“The greatest weapon against stress is our ability to choose one thought over another.”

– William James

I’ve heard people call those of us in the prime of our lives the “sandwich generation.”  I think this originally was coined to express the challenges of middle-aged people who simultaneously were raising their children and beginning to offer support and care to their aging parents.  I’ve been thinking about this sandwich thing recently; and I’ve decided that I am in the club sandwich category.  With my 61st birthday quickly approaching, I am parenting a grandchild.  Although one of my own children has reached forty, the youngest is just entering her last semester of college.  At the same time that I am enjoying the little ones as they arrive to complete the next generation, I still am actively involved in the hubbub of homework and sports and sleepovers with friends.  Two days before my own birthday, my father will be 89.  He is struggling to maintain his dignity as it becomes more and more difficult for him to remember words and names and the medications he is supposed to take.  He is fighting with all his might and confusion to continue to be — in his mind — the sole caregiver for my mother, his wife of 67 years; and he is losing the battle.  My sisters are doing the legwork on the front lines of the battle to move Mom and Dad to assisted living.  I am the radio operator who intercepts some of the garbled communications between the two sides as the battle of love and concern being waged leaves Dad feeling confused, vulnerable, and under assault.  ”I think this place will be good,” he tells me, “but if it isn’t I’ll be ready to ‘pop’ anyone who gives me trouble.”

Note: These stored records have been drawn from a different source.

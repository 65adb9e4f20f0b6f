//! Calls that compare two maps, hash one or show it.

use super::Map;
use super::call::Call;
use super::copied::CopiedKey;
use super::hasher::BuildKeyHasher;
use super::value::Value;
use linked_hash_map::{LinkedHashMap, ReserveError};
use std::hash::BuildHasher;

/// A map whose keys are compared as they are.
type Ordered<'k> = LinkedHashMap<CopiedKey<'k>, Value>;

/// Makes a map of the same pairs whose keys are compared as they are.
pub fn ordered<'k>(call: &Call, map: &'k Map) -> Ordered<'k> {
    let mut ordered = Ordered::new(call.alloc);
    for (key, value) in map.iter() {
        call.note(ordered.insert(key.ordered(), value.copy()));
    }
    ordered
}

/// Appends the debug text of a map with the default hasher and the pair of a number.
fn show_new(call: &Call) {
    let mut map: LinkedHashMap<u64, u64> = LinkedHashMap::new(call.alloc);
    let number = call.number();
    call.show_refusal(map.insert(number, number));
    call.show(&map);
}

/// Does so with a map of a capacity, and appends the capacity too.
fn show_new_with_capacity(call: &Call) {
    let (capacity, number) = (call.size(), call.number());
    let made: Result<LinkedHashMap<u64, u64>, ReserveError> = LinkedHashMap::with_capacity(
        call.alloc, capacity,
    );
    match made {
        Ok(mut map) => {
            call.show_refusal(map.insert(number, number));
            call.show_two(&map, &map.capacity());
        }
        Err(refused) => call.show_refusal(Err::<(), _>(refused)),
    }
}

/// Appends the debug text of a map over several lines, as that of a string.
fn show_pretty(call: &Call, map: &Map) {
    call.end();
    match format!(in call.alloc; "{map:#?}") {
        Ok(text) => call.show(&text),
        Err(refused) => call.note(Err::<(), _>(refused)),
    }
}

/// Appends whether two collections are equal. Each comparison is within a window.
pub fn show_equal<T: PartialEq>(this: &T, other: &T, call: &Call) {
    call.begin();
    call.show(&(*this == *other));
    call.begin();
    call.show(&(*this != *other));
}

/// Appends which of two maps is less, if they have an order. Each comparison is within a window.
fn partial_compare<M: PartialOrd>(map: &M, other: &M, call: &Call) {
    call.begin();
    call.show(&map.partial_cmp(other));
    call.begin();
    call.show_two(&(*map < *other), &(*map <= *other));
    call.begin();
    call.show_two(&(*map > *other), &(*map >= *other));
}

/// Appends which of two maps of the same pairs is less.
fn compare(call: &Call, map: &Map, other: &Map) {
    call.end();
    let map = ordered(call, map);
    let other = ordered(call, other);
    call.begin();
    call.show(&map.cmp(&other));
    partial_compare(&map, &other, call);
}

/// Runs the call of a line, and returns whether there is one.
pub fn run(call: &Call, map: &Map, other: &Map) -> bool {
    match call.name() {
        "eq" => show_equal(map, other, call),
        "cmp" => compare(call, map, other),
        "partial_cmp" => partial_compare(map, other, call),
        "new" => show_new(call),
        "new_with_capacity" => show_new_with_capacity(call),
        "hash" => call.show(&BuildKeyHasher::default().hash_one(map)),
        "debug" => call.show_within(map),
        "debug_pretty" => show_pretty(call, map),
        _ => return false,
    }
    true
}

As I listened to him on the phone last night, I found myself saying, “you know, Dad, it isn’t one place or another that makes you happy; you have to carry happiness with you and let it grow wherever you are.”  But I know that any change to Dad’s routine, the one he has relied on to keep his life independent for so long, will seem impossible.  It will take time and patience for him to adjust to a new home.  Dad feels the limitations of time more sharply each day — and don’t even ask about patience, or I might have to “pop” you!  Still, I will continue to communicate with him about choosing to be happy and hope that the day will come when he finds some new routines that restore peace to his life.

It really is all about choices, you know.  None of us is without stress.  What we need to do is make our choices and then be about growing our happiness — not separate from the stresses of life, but right in the middle of them.  One of my children has made some choices that have not worked well for her.  Today she will make a new choice that should lead her in a direction toward healing and maybe even some happiness.  Will it be easy?  Probably not.  Will it be stress-free?  Not likely.  Will it be the lettuce in my club sandwich?  I’d like romaine, please.  But today I will choose to grow happiness right where I am.  It’s all about choices, you know.